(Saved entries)
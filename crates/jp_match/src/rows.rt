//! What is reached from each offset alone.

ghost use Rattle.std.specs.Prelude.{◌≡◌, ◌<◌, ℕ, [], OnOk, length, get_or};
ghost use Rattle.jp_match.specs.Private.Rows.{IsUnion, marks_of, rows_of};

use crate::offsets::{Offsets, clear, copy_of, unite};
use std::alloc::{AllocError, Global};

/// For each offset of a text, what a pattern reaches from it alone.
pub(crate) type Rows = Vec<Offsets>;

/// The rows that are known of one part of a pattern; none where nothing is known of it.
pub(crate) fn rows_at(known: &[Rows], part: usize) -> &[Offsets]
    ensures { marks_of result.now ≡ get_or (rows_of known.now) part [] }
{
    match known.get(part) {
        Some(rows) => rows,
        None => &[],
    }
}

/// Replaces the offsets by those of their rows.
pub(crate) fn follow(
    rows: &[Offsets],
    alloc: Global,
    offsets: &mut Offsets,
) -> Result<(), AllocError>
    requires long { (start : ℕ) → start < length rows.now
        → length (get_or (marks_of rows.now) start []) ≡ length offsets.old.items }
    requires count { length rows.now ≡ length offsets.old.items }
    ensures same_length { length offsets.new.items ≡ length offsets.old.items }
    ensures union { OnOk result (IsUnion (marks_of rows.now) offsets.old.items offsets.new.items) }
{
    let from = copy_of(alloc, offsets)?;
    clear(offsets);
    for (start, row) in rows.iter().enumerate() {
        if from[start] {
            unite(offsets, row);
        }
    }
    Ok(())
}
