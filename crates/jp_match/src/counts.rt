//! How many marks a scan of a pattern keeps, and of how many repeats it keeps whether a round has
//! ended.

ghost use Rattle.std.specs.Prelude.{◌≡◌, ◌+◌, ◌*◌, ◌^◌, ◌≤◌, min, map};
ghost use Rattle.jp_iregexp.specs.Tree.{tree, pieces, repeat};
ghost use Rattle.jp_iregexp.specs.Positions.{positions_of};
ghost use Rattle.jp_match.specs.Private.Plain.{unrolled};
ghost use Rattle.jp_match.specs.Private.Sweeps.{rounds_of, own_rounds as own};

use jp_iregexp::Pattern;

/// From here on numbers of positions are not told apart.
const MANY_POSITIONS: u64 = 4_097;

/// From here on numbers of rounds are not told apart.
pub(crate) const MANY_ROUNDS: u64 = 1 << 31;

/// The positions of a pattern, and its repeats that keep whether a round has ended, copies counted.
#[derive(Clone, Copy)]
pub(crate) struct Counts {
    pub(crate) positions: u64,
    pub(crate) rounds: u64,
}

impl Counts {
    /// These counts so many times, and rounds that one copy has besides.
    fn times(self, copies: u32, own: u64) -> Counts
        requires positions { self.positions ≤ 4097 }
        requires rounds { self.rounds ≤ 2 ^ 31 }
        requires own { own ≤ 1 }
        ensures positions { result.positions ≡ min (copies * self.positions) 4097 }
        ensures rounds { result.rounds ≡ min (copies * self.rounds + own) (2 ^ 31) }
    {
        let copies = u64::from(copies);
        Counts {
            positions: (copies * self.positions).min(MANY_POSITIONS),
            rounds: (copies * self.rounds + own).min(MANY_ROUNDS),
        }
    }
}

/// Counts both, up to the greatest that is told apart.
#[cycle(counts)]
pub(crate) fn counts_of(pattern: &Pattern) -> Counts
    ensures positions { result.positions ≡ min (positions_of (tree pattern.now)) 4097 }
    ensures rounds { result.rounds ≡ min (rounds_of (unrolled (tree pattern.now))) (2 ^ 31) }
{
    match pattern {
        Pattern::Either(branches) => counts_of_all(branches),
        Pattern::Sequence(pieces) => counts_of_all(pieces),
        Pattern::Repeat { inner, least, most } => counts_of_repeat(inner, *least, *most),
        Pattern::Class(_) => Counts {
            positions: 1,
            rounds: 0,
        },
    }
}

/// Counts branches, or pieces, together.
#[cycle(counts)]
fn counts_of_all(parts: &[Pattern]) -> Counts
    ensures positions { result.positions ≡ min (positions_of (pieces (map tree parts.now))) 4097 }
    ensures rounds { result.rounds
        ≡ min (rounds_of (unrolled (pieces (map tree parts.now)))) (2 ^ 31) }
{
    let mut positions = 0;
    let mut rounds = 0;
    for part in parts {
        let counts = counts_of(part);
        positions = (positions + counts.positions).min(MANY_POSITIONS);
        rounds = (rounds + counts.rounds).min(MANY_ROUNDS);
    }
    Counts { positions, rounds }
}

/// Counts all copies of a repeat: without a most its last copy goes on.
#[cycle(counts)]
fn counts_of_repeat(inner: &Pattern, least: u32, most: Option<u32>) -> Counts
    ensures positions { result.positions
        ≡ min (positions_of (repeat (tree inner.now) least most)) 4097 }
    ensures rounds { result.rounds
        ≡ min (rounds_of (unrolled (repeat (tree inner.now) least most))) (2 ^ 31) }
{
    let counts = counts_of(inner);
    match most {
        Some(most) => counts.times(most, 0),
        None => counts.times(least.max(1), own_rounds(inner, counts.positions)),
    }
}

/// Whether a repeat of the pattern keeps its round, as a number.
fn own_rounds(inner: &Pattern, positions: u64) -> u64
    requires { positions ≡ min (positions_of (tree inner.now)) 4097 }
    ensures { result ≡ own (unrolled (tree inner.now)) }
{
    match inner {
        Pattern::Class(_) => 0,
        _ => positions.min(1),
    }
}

**TASK DIRECTIONS**. Line by line, copy the entries above exactly as they appear.

**OUTPUT FOR THIS TASK**.
filename crates/jp_match/src/rows.rt
//! What is reached from each offset alone.

ghost use Rattle.std.specs.Prelude.{◌≡◌, ◌<◌, ℕ, [], OnOk, length, get_or};
ghost use Rattle.jp_match.specs.Private.Rows.{IsUnion, marks_of, rows_of};

use crate::offsets::{Offsets, clear, copy_of, unite};
use std::alloc::{AllocError, Global};

/// For each offset of a text, what a pattern reaches from it alone.
pub(crate) type Rows = Vec<Offsets>;

/// The rows that are known of one part of a pattern; none where nothing is known of it.
pub(crate) fn rows_at(known: &[Rows], part: usize) -> &[Offsets]
    ensures { marks_of result.now ≡ get_or (rows_of known.now) part [] }
{
    match known.get(part) {
        Some(rows) => rows,
        None => &[],
    }
}

/// Replaces the offsets by those of their rows.
pub(crate) fn follow(
    rows: &[Offsets],
    alloc: Global,
    offsets: &mut Offsets,
) -> Result<(), AllocError>
    requires long { (start : ℕ) → start < length rows.now
        → length (get_or (marks_of rows.now) start []) ≡ length offsets.old.items }
    requires count { length rows.now ≡ length offsets.old.items }
    ensures same_length { length offsets.new.items ≡ length offsets.old.items }
    ensures union { OnOk result (IsUnion (marks_of rows.now) offsets.old.items offsets.new.items) }
{
    let from = copy_of(alloc, offsets)?;
    clear(offsets);
    for (start, row) in rows.iter().enumerate() {
        if from[start] {
            unite(offsets, row);
        }
    }
    Ok(())
}
filename crates/jp_match/src/counts.rt
//! How many marks a scan of a pattern keeps, and of how many repeats it keeps whether a round has
//! ended.

ghost use Rattle.std.specs.Prelude.{◌≡◌, ◌+◌, ◌*◌, ◌^◌, ◌≤◌, min, map};
ghost use Rattle.jp_iregexp.specs.Tree.{tree, pieces, repeat};
ghost use Rattle.jp_iregexp.specs.Positions.{positions_of};
ghost use Rattle.jp_match.specs.Private.Plain.{unrolled};
ghost use Rattle.jp_match.specs.Private.Sweeps.{rounds_of, own_rounds as own};

use jp_iregexp::Pattern;

/// From here on numbers of positions are not told apart.
const MANY_POSITIONS: u64 = 4_097;

/// From here on numbers of rounds are not told apart.
pub(crate) const MANY_ROUNDS: u64 = 1 << 31;

/// The positions of a pattern, and its repeats that keep whether a round has ended, copies counted.
#[derive(Clone, Copy)]
pub(crate) struct Counts {
    pub(crate) positions: u64,
    pub(crate) rounds: u64,
}

impl Counts {
    /// These counts so many times, and rounds that one copy has besides.
    fn times(self, copies: u32, own: u64) -> Counts
        requires positions { self.positions ≤ 4097 }
        requires rounds { self.rounds ≤ 2 ^ 31 }
        requires own { own ≤ 1 }
        ensures positions { result.positions ≡ min (copies * self.positions) 4097 }
        ensures rounds { result.rounds ≡ min (copies * self.rounds + own) (2 ^ 31) }
    {
        let copies = u64::from(copies);
        Counts {
            positions: (copies * self.positions).min(MANY_POSITIONS),
            rounds: (copies * self.rounds + own).min(MANY_ROUNDS),
        }
    }
}

/// Counts both, up to the greatest that is told apart.
#[cycle(counts)]
pub(crate) fn counts_of(pattern: &Pattern) -> Counts
    ensures positions { result.positions ≡ min (positions_of (tree pattern.now)) 4097 }
    ensures rounds { result.rounds ≡ min (rounds_of (unrolled (tree pattern.now))) (2 ^ 31) }
{
    match pattern {
        Pattern::Either(branches) => counts_of_all(branches),
        Pattern::Sequence(pieces) => counts_of_all(pieces),
        Pattern::Repeat { inner, least, most } => counts_of_repeat(inner, *least, *most),
        Pattern::Class(_) => Counts {
            positions: 1,
            rounds: 0,
        },
    }
}

/// Counts branches, or pieces, together.
#[cycle(counts)]
fn counts_of_all(parts: &[Pattern]) -> Counts
    ensures positions { result.positions ≡ min (positions_of (pieces (map tree parts.now))) 4097 }
    ensures rounds { result.rounds
        ≡ min (rounds_of (unrolled (pieces (map tree parts.now)))) (2 ^ 31) }
{
    let mut positions = 0;
    let mut rounds = 0;
    for part in parts {
        let counts = counts_of(part);
        positions = (positions + counts.positions).min(MANY_POSITIONS);
        rounds = (rounds + counts.rounds).min(MANY_ROUNDS);
    }
    Counts { positions, rounds }
}

/// Counts all copies of a repeat: without a most its last copy goes on.
#[cycle(counts)]
fn counts_of_repeat(inner: &Pattern, least: u32, most: Option<u32>) -> Counts
    ensures positions { result.positions
        ≡ min (positions_of (repeat (tree inner.now) least most)) 4097 }
    ensures rounds { result.rounds
        ≡ min (rounds_of (unrolled (repeat (tree inner.now) least most))) (2 ^ 31) }
{
    let counts = counts_of(inner);
    match most {
        Some(most) => counts.times(most, 0),
        None => counts.times(least.max(1), own_rounds(inner, counts.positions)),
    }
}

/// Whether a repeat of the pattern keeps its round, as a number.
fn own_rounds(inner: &Pattern, positions: u64) -> u64
    requires { positions ≡ min (positions_of (tree inner.now)) 4097 }
    ensures { result ≡ own (unrolled (tree inner.now)) }
{
    match inner {
        Pattern::Class(_) => 0,
        _ => positions.min(1),
    }
}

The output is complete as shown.